Description of the task → Write out the whole listing again so that each line matches the original.

Data for processing →
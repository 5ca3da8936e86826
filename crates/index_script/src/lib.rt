//! The engine of scripts: it reads lines, makes the calls that they ask for on an ordered index, and
//! writes the replies. A program hands it a reader and a writer ([`run`](run::run)).
#![tactic(auto)]

pub mod line;
pub mod reply;
pub mod request;
pub mod run;
pub mod script;
pub mod words;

Result for this task →
repository 5ca3da8936e86826
filename crates/index_script/src/lib.rt
//! The engine of scripts: it reads lines, makes the calls that they ask for on an ordered index, and
//! writes the replies. A program hands it a reader and a writer ([`run`](run::run)).
#![tactic(auto)]

pub mod line;
pub mod reply;
pub mod request;
pub mod run;
pub mod script;
pub mod words;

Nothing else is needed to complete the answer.